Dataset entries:

>>>>>

// Small scripts and what a session writes for them, worked out by hand from the rules of docs/COMMANDS.md and never
// taken from a program's output. The comment above a row, or above rows of one kind, says the rule that they show.
// Scripts at the limits are too long to stand here: they are in limits.rt.

use super::Row;

/// Lines of a script: words between spaces and tabs; a byte 13 at the end of a command line is dropped once.
const LINES: &[Row] = &[
    // no line at all
    (b"", ""),
    // a line without a word does nothing
    (b"\n\n", ""),
    (b" \t \n\t\n", ""),
    (b"   ", ""),
    // version 1 is the empty text
    (b"text\n", "version 1, 0 lines\n"),
    // a last line without its line end counts
    (b"text", "version 1, 0 lines\n"),
    (b"text\ntext 1", "version 1, 0 lines\nversion 1, 0 lines\n"),
    // spaces and tabs before, between and behind the words
    (b" \ttext\t 1 \t\n", "version 1, 0 lines\n"),
    // a byte 13 at the end does not count
    (b"text\r\n", "version 1, 0 lines\n"),
    (b"text 1 \r\n", "version 1, 0 lines\n"),
    (b"text\r", "version 1, 0 lines\n"),
    (b"\r\n\r", ""),
    // a second one does, and is part of a word
    (b"text\r\r\n", "? 20 bad command\n"),
    (b"text \r\r\n", "? 20 bad command\n"),
    (b"\r\r\n", "? 20 bad command\n"),
    // so does one in another place
    (b"\rtext\n", "? 20 bad command\n"),
    (b"text\r1\n", "? 20 bad command\n"),
    // other blank bytes separate no words
    (b"text\x0c\n", "? 20 bad command\n"),
    (b"text\x0b1\n", "? 20 bad command\n"),
    (b"\x00\n", "? 20 bad command\n"),
    // command words are in lower case
    (
        b"TEXT\nText\nQUIT\ntext\n",
        "? 20 bad command\n? 20 bad command\n? 20 bad command\nversion 1, 0 lines\n",
    ),
    // a word that is no command word, also where one begins it or it begins one
    (
        b"frob\ntexts\ntex\ntext1\n",
        "? 20 bad command\n? 20 bad command\n? 20 bad command\n? 20 bad command\n",
    ),
    // there are no comments and no second command on a line
    (
        b"# text\ntext; text\n",
        "? 20 bad command\n? 20 bad command\n",
    ),
];

/// Command lines have at most 255 bytes, without the byte 13 at their end; taken lines may have more.
const LENGTHS: &[Row] = &[
    // 255 spaces, and 256
    (
        b"                                                                                                                                                                                                                                                               \n",
        "",
    ),
    (
        b"                                                                                                                                                                                                                                                                \n",
        "? 20 bad command\n",
    ),
    // `text` and 251 spaces, and one space more
    (
        b"text                                                                                                                                                                                                                                                           \n",
        "version 1, 0 lines\n",
    ),
    (
        b"text                                                                                                                                                                                                                                                            \n",
        "? 20 bad command\n",
    ),
    // the byte 13 is dropped before the bytes are counted
    (
        b"text                                                                                                                                                                                                                                                           \r\n",
        "version 1, 0 lines\n",
    ),
    (
        b"text                                                                                                                                                                                                                                                            \r\n",
        "? 20 bad command\n",
    ),
    // a last line without its line end
    (
        b"text                                                                                                                                                                                                                                                           ",
        "version 1, 0 lines\n",
    ),
    (
        b"text                                                                                                                                                                                                                                                            ",
        "? 20 bad command\n",
    ),
    // a line that is too long takes no lines, so `text` is a command
    (
        b"insert 0 1                                                                                                                                                                                                                                                      \ntext\n",
        "? 20 bad command\nversion 1, 0 lines\n",
    ),
    // a taken line of 256 bytes
    (
        b"insert 0 1\nxxxxxxxxxxxxxxxxxxxxxxxxxxxxxxxxxxxxxxxxxxxxxxxxxxxxxxxxxxxxxxxxxxxxxxxxxxxxxxxxxxxxxxxxxxxxxxxxxxxxxxxxxxxxxxxxxxxxxxxxxxxxxxxxxxxxxxxxxxxxxxxxxxxxxxxxxxxxxxxxxxxxxxxxxxxxxxxxxxxxxxxxxxxxxxxxxxxxxxxxxxxxxxxxxxxxxxxxxxxxxxxxxxxxxxxxxxxxxxxxxxxxxxxxxxxxxxxx\ntext\n",
        "version 2\nversion 2, 1 lines\nxxxxxxxxxxxxxxxxxxxxxxxxxxxxxxxxxxxxxxxxxxxxxxxxxxxxxxxxxxxxxxxxxxxxxxxxxxxxxxxxxxxxxxxxxxxxxxxxxxxxxxxxxxxxxxxxxxxxxxxxxxxxxxxxxxxxxxxxxxxxxxxxxxxxxxxxxxxxxxxxxxxxxxxxxxxxxxxxxxxxxxxxxxxxxxxxxxxxxxxxxxxxxxxxxxxxxxxxxxxxxxxxxxxxxxxxxxxxxxxxxxxxxxxxxxxxxxxx\n",
    ),
];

<<<<<

Problem statement:
Could you retype exactly the lines from the first one of the records through the line containing "are in limits.rt.", both included, and nothing more?

Task result:
// Small scripts and what a session writes for them, worked out by hand from the rules of docs/COMMANDS.md and never
// taken from a program's output. The comment above a row, or above rows of one kind, says the rule that they show.
// Scripts at the limits are too long to stand here: they are in limits.rt.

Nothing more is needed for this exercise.